Install all optional local features:

pip install -e '.[all]'

Fresh machine runtime setup:

saara doctor
saara setup docker --dry-run
saara setup ollama --dry-run
saara setup docker ollama

On Debian/Ubuntu, Saara installs Docker Engine from Docker's official apt repository. On Linux, Ollama is installed with the official Ollama installer. Review --dry-run output before running setup commands. Saara does not pull or install models automatically; choose a model based on your hardware tier.

After installation, use saara directly like a traditional CLI. The old mlforge command remains available as a compatibility alias during development.

For an isolated user-level install, use pipx once this project is published or packaged:

pipx install .

Firecrawl Local

Topic generation can use Firecrawl-local at http://localhost:3002:

saara generate topic "dataset distillation" \
  --provider ollama \
  --model qwen \
  --research firecrawl \
  --samples 100

The Firecrawl integration is exposed as a typed agent tool named firecrawl_local. The topic workflow uses a bounded ResearchAgent that calls:

firecrawl_local.search(query, limit)
firecrawl_local.scrape(url)

LangChain is not required for the core workflow. Saara uses its own small typed tool interface so Firecrawl-local calls are deterministic, auditable, and easy to test. A small adapter is included for projects that want LangChain-compatible tools via the optional saara-ai[agents] extra.

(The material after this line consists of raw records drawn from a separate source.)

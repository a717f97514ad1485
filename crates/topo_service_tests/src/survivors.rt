//! Routes that were found before other calls changed the picture.

use crate::gates::Round;
use crate::harness::{Start, TestRuntime, Work, is_due, told_of};
use crate::steps::{Step, Steps};
use std::alloc::{AllocError, Global};
use std::process::Abort;
use std::test::Fail;
use topo_core::calls::{Call, Command};
use topo_test_support::calls::{delete, grow, insert, planned};
use topo_test_support::grids::Grid;

/// The grid of the tests.
pub(crate) const GRID: Grid = Grid { width: 8 };

/// The route is looked for between these two vertices of the grid. It crosses one edge, the one
/// below the face to the right of and below its start.
const FROM: u32 = 9;

const TO: u32 = 26;

/// The first edge that is put in later: a grid of this width has 112 edges.
const FIRST_NEW: u32 = 112;

/// A change of the grid. Vertices are given by their rows and columns.
#[derive(Clone, Copy)]
enum Change {
    /// A vertex grows in the first corner of this one.
    Grow(u8, u8),
    /// An edge is put in between these two.
    Insert((u8, u8), (u8, u8)),
    /// The edge from a vertex to the one on its right is taken out.
    Right(u8, u8),
    /// The edge from a vertex to the one below it is taken out.
    Below(u8, u8),
    /// Any other call of a worker.
    Other(Call),
}

/// Takes the edge out that was put in first.
const TAKEN_BACK: Change = Change::Other(Call::Delete { edge: FIRST_NEW });

/// The call that makes a change.
fn call_of(change: Change) -> Call {
    match change {
        Change::Grow(row, column) => grow(GRID.at(row, column)),
        Change::Insert((row, column), (down, along)) => {
            insert(GRID.at(row, column), GRID.at(down, along))
        }
        Change::Right(row, column) => delete(GRID.right_of(row, column)),
        Change::Below(row, column) => delete(GRID.below(row, column)),
        Change::Other(call) => call,
    }
}

/// The steps of a pass that finds a route, of another that makes these changes, and of the first,
/// which puts an edge in along the route.
fn steps_round(alloc: Global, between: &[Change]) -> Result<Vec<(usize, Step)>, AllocError> {
    let mut steps = vec![in alloc; (1, Step::Find(FROM, TO))]?;
    for change in between {
        steps.push((0, Step::Make(call_of(*change))))?;
    }
    steps.extend_from_slice(&[
        (1, Step::Asked),
        (1, Step::InsertFound(0)),
        (1, Step::Asked),
    ])?;
    Ok(steps)
}

/// What is told of these steps on the grid, where all prices are 1.
fn told_on_grid<R: TestRuntime>(rt: &R, work: Work<'_>, steps: Steps<'_>) -> Result<String, Fail> {
    told_of(rt, Start::Grid, (Some(1), &[]), work, steps)
}

/// What is told of a route that one pass finds, of changes by another, and of an insertion along
/// the route.
fn told_after<R: TestRuntime>(rt: &R, between: &[Change]) -> Result<String, Fail> {
    let steps = steps_round(rt.alloc(), between)?;
    let told = told_on_grid(rt, Work::Nothing(2), steps.as_slice());
    drop(steps);
    told
}

/// How what is told ends where so many changes come between, behind how many prices the last step
/// has asked for.
const ENDS: [&str; 4] = [
    "times\n[]; 1 calls, replayed: true",
    "times\n[]; 2 calls, replayed: true",
    "times\n[]; 3 calls, replayed: true",
    "times\n[]; 4 calls, replayed: true",
];

/// All calls are entered and replayed, and a route that is still known is taken with no price
/// asked.
fn is_end(rt: &impl Abort, told: &str, end: &str, is_known: bool) {
    let rest = told.strip_suffix(end);
    assert!(rt; rest.is_some(), "{told}");
    let asks_none = rest.unwrap_or("").ends_with("asked 0 ");
    assert!(rt; asks_none == is_known, "{told}");
}

/// Each row says what is changed between, and whether the route is then known.
fn are_told<R: TestRuntime>(rt: &R, rows: &[&[Change]], is_known: bool) -> Result<(), Fail> {
    for between in rows {
        let end = *ENDS.get(between.len()).ok_or("so many changes")?;
        let told = told_after(rt, *between)?;
        is_end(rt, told.as_str(), end, is_known);
        drop(told);
    }
    Ok(())
}

/// Changes elsewhere in the picture.
const ELSEWHERE: &[&[Change]] = &[
    &[],
    &[Change::Grow(7, 7)],
    &[Change::Insert((5, 5), (7, 6))],
    &[Change::Right(6, 5)],
    &[Change::Insert((5, 5), (7, 6)), TAKEN_BACK],
    &[
        Change::Other(Call::Grow {
            u: 999,
            position: 0,
            kind: 0,
        }),
        Change::Other(Call::Delete { edge: 999 }),
        Change::Insert((6, 6), (6, 6)),
    ],
    &[
        Change::Insert((5, 5), (7, 6)),
        Change::Below(5, 6),
        Change::Grow(6, 6),
    ],
    &[
        Change::Insert((0, 6), (2, 6)),
        Change::Insert((6, 0), (7, 2)),
    ],
];

#[test]
fn a_route_outlives_what_changes_elsewhere(rt: HostRuntime) -> Result<(), Fail> {
    are_told(&rt, ELSEWHERE, true)
}

/// A route outlives a growth elsewhere and refused calls, if they are no more than are looked
/// through.
fn outlives_calls<R: TestRuntime>(
    rt: &R,
    refused: u32,
    end: &str,
    is_known: bool,
) -> Result<(), Fail> {
    let mut between = vec![in rt.alloc(); Change::Grow(7, 7)]?;
    for _call in 0..refused {
        between.push(Change::Other(Call::Delete { edge: 999 }))?;
    }
    let told = told_after(rt, between.as_slice());
    drop(between);
    let told = told?;
    is_end(rt, told.as_str(), end, is_known);
    Ok(())
}

#[test]
fn a_route_outlives_as_many_calls_as_are_looked_through(rt: HostRuntime) -> Result<(), Fail> {
    outlives_calls(&rt, 255, "times\n[]; 257 calls, replayed: true", true)?;
    outlives_calls(&rt, 256, "times\n[]; 258 calls, replayed: true", false)
}

/// Changes of the region of the search. The route leads from the vertex at (1, 1), that is, row and
/// column, to the one at (3, 2).
const NEARBY: &[&[Change]] = &[
    &[Change::Grow(1, 1)],
    &[Change::Grow(3, 2)],
    &[Change::Insert((1, 1), (2, 2))],
    &[Change::Insert((2, 0), (3, 1))],
    &[Change::Below(1, 2)],
    &[Change::Insert((1, 0), (3, 1)), TAKEN_BACK],
    &[Change::Insert((5, 5), (7, 6)), Change::Grow(2, 2)],
];

#[test]
fn a_route_is_looked_for_again_if_its_region_changed(rt: HostRuntime) -> Result<(), Fail> {
    are_told(&rt, NEARBY, false)
}

/// The ends of insertions, of which some have the greater number first.
const INSERTED: [(u32, u32); 5] = [
    (FROM, TO),
    (TO, FROM),
    (5 * 8 + 5, 7 * 8 + 6),
    (7 * 8, 7),
    (6 * 8 + 6, 8 + 2),
];

/// The insertions as commands, planned or not.
fn insertions(alloc: Global, is_planned: bool) -> Result<Vec<Command>, AllocError> {
    let mut list = Vec::new(alloc);
    for (u, v) in INSERTED {
        list.push(if is_planned {
            planned(u, v)
        } else {
            Command::Plain(insert(u, v))
        })?;
    }
    Ok(list)
}

/// What one list of the insertions tells, planned or not: how many prices it asks for, and how it
/// ends.
fn told_of_insertions<R: TestRuntime>(rt: &R, is_planned: bool) -> Result<String, Fail> {
    let list = insertions(rt.alloc(), is_planned)?;
    let work = Work::Lists(&[list.as_slice()], &Round::Still);
    let told = told_on_grid(rt, work, &[(0, Step::Asked)]);
    drop(list);
    told
}

#[test]
fn planned_insertions_of_one_list_ask_for_no_more_prices(rt: HostRuntime) -> Result<(), Fail> {
    let planned = told_of_insertions(&rt, true)?;
    let plain = told_of_insertions(&rt, false)?;
    is_due(&rt, planned.as_str(), plain.as_str());
    drop((planned, plain));
    Ok(())
}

Configurable Dataset Modes

Generation can target multiple training dataset shapes:

finetuning: chat/SFT-style message examples
pretraining: plain text examples in output.text
reasoning: examples with a reasoning field
tool-calling: examples with tools and tool_calls

Most runtime and prompting behavior is user-configurable from CLI flags or workflow JSON: provider base URLs, model names, API keys, Firecrawl URL, system prompt, prompt template, temperature, max tokens, output format, and output directory. When --output-dir is used, Saara writes datasets, reports, and run artifacts into that directory.

Runtime Providers

mock: deterministic development provider
ollama: http://localhost:11434
vllm: OpenAI-compatible endpoint, default http://localhost:8000/v1

Dataset Formats

Supported exports:

json
jsonl
csv
parquet with optional pyarrow
arrow with optional pyarrow
hf with optional datasets

Project details

These details have not been verified by PyPI

Project links

Release history Release notifications | RSS feed

This version

1.6.9

May 6, 2026

1.6.8

Apr 18, 2026

1.6.7

Mar 21, 2026

1.6.6

Mar 21, 2026

1.6.5

Mar 21, 2026

1.6.4

Jan 24, 2026

1.6.3

Jan 24, 2026

1.6.2

Jan 24, 2026

1.6.1

Jan 2, 2026

1.6.0

Dec 31, 2025

1.5.1

Dec 31, 2025

1.5.0

Dec 31, 2025

1.3.2

Dec 30, 2025

1.3.1

Dec 30, 2025

1.3.0

Dec 29, 2025

1.2.17

Dec 28, 2025

1.2.16

Dec 28, 2025

1.2.15

Dec 28, 2025

1.2.14

Dec 28, 2025

1.2.13

Dec 28, 2025

1.2.12

Dec 28, 2025

1.2.11

Dec 28, 2025

1.2.10

Dec 28, 2025

1.2.9

Dec 28, 2025

1.2.8

Dec 28, 2025

1.2.5

Dec 28, 2025

1.2.4

Dec 28, 2025

1.2.3

Dec 28, 2025

1.2.2

Dec 28, 2025

1.2.0

Dec 28, 2025

1.0.0

Dec 28, 2025

0.1.5

Apr 17, 2026

0.1.4

Apr 17, 2026

0.1.3

Apr 17, 2026

0.1.2

Apr 17, 2026

0.1.1

Apr 17, 2026

0.1.0

Apr 17, 2026

Download files

Download the file for your platform. If you're not sure which to choose, learn more about installing packages.

Source Distribution

saara_ai-1.6.9.tar.gz (44.8 kB view details)

Uploaded May 6, 2026 Source

Built Distribution

If you're not sure about the file name format, learn more about wheel file names.

The dropdown lists show the available interpreters, ABIs, and platforms. Enable javascript to be able to filter the list of wheel files.

saara_ai-1.6.9-py3-none-any.whl (42.2 kB view details)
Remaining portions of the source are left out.